Pull every line that includes the word "only" out of the data below and copy it.

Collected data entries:
╭──

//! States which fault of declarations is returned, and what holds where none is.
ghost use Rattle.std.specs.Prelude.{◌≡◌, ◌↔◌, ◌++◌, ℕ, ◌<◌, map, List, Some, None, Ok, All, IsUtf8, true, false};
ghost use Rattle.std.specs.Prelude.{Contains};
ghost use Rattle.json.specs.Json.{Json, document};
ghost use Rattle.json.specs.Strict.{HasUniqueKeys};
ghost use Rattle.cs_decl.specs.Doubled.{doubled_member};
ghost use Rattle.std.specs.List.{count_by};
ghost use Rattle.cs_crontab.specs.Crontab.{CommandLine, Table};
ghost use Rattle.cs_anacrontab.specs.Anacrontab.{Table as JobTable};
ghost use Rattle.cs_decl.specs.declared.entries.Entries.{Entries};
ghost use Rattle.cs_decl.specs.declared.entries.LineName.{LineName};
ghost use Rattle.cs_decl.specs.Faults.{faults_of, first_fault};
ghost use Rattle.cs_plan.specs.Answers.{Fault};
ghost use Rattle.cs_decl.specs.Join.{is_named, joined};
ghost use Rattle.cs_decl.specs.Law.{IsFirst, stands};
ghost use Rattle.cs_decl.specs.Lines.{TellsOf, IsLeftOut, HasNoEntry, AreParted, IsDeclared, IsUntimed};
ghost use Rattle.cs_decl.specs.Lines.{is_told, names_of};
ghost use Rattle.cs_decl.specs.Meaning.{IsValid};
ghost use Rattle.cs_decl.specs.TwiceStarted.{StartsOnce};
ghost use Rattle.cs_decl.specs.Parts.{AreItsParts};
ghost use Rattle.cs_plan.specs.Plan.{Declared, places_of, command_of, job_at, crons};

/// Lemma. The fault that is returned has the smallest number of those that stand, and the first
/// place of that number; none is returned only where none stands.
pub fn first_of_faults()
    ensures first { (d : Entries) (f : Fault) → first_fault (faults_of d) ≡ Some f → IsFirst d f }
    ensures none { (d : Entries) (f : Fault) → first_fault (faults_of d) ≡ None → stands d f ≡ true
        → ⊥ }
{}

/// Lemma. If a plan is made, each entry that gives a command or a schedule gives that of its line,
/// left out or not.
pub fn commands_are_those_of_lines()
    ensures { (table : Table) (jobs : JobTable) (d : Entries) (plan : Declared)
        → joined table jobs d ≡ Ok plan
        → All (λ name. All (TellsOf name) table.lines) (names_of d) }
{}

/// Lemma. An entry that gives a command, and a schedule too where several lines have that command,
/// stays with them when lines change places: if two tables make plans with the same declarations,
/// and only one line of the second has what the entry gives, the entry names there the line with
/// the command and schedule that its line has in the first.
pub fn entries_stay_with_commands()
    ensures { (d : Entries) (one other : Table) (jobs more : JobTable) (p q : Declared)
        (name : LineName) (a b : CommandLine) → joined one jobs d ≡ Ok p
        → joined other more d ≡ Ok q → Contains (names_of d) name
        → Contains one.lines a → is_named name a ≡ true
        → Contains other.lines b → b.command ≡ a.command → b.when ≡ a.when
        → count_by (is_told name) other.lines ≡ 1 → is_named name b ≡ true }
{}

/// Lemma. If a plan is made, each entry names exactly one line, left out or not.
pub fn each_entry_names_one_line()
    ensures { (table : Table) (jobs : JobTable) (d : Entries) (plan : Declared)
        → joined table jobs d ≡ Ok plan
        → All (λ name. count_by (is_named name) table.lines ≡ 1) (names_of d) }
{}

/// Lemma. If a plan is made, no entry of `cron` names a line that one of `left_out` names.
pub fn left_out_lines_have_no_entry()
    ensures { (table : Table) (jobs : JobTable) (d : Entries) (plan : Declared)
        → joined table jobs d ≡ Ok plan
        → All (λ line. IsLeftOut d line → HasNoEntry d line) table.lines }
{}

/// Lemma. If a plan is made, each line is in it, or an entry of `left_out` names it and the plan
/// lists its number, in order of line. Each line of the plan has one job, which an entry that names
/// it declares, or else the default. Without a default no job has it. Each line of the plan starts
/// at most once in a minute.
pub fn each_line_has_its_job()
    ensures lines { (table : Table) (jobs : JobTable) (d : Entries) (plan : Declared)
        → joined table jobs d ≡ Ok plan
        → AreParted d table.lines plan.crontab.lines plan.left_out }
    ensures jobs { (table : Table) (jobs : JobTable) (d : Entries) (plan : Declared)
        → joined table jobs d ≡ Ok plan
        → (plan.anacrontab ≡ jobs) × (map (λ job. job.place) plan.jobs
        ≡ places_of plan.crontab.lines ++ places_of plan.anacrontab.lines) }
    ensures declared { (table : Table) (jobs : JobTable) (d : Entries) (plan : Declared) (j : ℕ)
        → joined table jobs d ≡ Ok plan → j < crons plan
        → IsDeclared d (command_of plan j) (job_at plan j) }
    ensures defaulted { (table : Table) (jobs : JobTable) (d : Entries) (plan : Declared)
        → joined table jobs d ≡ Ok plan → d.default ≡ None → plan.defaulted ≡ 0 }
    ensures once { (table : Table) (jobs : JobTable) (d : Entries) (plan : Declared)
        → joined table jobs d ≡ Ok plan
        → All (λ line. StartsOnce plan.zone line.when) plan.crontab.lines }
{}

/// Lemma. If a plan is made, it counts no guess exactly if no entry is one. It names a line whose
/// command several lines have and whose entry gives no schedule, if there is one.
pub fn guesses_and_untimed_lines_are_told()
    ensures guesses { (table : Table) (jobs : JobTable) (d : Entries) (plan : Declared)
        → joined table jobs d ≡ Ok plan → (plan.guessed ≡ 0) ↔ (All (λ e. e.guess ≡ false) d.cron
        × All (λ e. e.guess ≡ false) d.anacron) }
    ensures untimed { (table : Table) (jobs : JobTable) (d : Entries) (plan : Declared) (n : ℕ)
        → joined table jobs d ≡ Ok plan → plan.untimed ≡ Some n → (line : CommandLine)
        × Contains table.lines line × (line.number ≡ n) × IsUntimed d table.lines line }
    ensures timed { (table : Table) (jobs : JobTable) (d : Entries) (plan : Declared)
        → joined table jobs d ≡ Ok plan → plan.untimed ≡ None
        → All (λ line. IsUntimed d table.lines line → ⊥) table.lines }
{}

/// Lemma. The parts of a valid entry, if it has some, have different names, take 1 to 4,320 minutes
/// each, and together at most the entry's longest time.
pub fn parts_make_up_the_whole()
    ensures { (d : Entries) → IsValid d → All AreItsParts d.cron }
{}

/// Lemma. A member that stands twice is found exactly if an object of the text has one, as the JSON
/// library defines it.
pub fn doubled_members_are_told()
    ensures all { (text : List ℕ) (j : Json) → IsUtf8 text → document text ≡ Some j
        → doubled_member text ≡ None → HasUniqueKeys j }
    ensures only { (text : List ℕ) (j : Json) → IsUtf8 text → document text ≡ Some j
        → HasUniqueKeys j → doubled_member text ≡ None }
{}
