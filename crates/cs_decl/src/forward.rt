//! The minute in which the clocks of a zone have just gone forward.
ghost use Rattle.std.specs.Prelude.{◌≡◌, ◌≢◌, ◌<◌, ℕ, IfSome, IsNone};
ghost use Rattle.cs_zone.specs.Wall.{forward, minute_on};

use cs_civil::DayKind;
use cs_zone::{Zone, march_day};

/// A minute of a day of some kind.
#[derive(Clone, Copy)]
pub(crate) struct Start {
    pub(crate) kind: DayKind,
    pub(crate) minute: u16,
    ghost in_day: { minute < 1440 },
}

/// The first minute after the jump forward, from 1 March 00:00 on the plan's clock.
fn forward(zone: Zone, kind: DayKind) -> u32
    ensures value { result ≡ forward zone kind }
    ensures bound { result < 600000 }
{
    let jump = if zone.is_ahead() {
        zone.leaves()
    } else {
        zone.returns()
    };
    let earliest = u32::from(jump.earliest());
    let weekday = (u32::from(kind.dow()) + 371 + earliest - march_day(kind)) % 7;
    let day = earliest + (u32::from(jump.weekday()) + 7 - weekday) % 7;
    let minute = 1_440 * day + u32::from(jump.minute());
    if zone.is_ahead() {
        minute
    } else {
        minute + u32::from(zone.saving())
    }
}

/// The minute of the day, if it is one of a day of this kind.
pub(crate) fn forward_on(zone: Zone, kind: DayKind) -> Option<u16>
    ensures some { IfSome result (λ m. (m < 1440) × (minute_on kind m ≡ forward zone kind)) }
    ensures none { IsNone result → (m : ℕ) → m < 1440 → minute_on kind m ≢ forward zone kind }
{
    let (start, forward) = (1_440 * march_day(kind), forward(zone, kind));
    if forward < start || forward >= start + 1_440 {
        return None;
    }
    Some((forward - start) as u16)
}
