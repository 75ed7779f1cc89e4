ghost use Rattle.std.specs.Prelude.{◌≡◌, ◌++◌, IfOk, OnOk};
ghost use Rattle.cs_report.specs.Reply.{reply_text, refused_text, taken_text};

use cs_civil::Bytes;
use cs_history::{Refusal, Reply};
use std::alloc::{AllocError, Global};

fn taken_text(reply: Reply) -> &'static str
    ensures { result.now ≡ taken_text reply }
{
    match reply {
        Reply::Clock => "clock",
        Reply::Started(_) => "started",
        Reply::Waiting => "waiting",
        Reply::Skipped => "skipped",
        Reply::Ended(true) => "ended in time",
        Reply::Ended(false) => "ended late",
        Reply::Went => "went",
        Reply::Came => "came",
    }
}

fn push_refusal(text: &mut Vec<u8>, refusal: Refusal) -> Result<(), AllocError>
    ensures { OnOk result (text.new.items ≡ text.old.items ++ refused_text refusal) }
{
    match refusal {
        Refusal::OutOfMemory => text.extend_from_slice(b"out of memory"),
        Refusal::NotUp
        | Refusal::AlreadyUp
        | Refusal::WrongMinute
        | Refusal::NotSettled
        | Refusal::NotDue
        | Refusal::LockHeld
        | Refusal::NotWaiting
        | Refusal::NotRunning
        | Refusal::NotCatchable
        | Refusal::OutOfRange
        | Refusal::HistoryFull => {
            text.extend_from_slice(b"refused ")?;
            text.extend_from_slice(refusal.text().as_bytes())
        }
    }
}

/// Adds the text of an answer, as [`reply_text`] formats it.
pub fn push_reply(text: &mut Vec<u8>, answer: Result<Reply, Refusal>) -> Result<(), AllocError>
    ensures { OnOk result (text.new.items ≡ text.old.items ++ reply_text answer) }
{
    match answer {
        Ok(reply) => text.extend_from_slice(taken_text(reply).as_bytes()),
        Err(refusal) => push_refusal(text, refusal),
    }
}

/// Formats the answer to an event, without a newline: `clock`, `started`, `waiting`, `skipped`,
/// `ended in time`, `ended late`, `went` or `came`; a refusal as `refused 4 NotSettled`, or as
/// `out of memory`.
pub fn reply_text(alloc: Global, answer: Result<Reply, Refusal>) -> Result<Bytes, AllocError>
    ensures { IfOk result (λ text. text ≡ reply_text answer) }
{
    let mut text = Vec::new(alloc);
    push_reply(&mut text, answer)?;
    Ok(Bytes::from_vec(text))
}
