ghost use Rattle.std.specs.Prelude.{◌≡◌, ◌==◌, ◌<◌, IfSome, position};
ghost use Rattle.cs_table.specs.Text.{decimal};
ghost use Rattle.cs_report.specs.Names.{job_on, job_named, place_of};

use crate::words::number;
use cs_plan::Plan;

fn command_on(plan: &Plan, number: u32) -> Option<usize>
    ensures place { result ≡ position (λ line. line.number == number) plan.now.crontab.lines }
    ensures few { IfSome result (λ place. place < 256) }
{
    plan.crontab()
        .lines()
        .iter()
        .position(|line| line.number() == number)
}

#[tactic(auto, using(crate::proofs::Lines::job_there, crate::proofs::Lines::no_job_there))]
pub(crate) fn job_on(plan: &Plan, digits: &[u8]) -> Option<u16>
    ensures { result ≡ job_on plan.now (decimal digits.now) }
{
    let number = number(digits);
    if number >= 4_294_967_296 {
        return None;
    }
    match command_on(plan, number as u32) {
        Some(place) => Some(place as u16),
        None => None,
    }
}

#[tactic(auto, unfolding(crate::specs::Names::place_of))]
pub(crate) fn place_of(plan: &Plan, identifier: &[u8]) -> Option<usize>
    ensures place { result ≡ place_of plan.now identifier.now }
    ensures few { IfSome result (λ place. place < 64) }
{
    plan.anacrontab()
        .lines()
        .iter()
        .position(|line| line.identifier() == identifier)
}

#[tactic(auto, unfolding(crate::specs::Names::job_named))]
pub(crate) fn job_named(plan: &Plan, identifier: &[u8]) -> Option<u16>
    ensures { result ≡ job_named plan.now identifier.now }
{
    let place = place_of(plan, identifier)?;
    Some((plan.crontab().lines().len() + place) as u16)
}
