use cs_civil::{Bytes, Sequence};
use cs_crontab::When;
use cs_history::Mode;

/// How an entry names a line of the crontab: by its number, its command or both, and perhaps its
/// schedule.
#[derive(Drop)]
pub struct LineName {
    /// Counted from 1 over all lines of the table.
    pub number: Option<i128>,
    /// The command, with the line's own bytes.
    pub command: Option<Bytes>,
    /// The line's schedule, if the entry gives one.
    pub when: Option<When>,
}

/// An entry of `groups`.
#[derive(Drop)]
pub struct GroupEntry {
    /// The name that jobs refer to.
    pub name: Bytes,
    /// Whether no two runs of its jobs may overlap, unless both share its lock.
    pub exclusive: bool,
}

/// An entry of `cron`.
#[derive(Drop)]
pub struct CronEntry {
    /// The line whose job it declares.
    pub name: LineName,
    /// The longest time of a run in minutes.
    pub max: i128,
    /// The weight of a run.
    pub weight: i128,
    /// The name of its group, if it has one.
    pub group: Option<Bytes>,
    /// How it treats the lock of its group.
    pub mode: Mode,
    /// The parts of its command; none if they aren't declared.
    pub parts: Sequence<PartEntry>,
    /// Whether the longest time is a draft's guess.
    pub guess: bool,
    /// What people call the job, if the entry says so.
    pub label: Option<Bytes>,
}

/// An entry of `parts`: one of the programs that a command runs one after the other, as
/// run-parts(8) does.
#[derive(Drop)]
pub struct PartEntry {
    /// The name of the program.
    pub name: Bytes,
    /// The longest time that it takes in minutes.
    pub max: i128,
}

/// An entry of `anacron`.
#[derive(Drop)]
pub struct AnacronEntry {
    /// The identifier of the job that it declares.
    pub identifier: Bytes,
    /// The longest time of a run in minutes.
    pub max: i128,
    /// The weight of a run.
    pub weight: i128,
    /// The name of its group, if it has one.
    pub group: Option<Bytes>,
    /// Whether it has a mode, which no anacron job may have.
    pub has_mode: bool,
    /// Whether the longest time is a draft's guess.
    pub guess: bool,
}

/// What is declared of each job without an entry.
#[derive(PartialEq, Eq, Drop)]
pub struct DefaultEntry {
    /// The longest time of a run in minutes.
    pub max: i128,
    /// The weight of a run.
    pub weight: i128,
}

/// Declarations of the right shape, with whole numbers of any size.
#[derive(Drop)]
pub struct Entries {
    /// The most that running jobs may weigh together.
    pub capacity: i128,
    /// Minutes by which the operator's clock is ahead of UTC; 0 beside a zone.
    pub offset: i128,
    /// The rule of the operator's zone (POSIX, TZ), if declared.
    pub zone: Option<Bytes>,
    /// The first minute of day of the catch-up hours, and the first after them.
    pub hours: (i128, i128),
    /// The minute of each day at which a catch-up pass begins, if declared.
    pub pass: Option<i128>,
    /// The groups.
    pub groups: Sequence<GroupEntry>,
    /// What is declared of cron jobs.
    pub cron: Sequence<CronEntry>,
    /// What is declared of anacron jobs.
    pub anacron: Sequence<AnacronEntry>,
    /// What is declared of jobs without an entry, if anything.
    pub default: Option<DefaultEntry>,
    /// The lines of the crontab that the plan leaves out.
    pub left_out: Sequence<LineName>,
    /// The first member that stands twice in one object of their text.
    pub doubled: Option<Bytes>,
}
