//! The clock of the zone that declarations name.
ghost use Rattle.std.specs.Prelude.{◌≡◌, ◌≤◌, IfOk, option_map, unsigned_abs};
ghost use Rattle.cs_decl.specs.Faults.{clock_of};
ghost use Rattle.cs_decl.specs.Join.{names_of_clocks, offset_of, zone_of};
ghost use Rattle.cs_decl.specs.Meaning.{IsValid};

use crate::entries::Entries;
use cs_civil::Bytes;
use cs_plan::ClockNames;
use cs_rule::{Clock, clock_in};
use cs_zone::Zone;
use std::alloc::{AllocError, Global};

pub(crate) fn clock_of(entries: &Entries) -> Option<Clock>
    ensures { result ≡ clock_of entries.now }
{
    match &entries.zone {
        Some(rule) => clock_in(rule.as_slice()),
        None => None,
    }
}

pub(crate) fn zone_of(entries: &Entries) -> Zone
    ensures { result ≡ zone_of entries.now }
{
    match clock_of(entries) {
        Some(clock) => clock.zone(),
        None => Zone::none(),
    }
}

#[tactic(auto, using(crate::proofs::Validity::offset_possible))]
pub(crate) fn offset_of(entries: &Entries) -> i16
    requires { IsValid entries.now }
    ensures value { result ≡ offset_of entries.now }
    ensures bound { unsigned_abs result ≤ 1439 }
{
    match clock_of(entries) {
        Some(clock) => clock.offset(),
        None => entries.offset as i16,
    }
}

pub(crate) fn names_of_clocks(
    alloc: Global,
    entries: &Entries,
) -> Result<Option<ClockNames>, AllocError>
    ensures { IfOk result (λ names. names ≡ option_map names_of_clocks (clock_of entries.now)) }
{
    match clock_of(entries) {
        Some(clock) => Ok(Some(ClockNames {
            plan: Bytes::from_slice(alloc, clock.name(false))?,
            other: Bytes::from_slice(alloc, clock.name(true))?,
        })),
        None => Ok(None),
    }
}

╰──

RESULT FOR THIS TASK ::
/// place of that number; none is returned only where none stands.
/// and only one line of the second has what the entry gives, the entry names there the line with
    ensures only { (text : List ℕ) (j : Json) → IsUtf8 text → document text ≡ Some j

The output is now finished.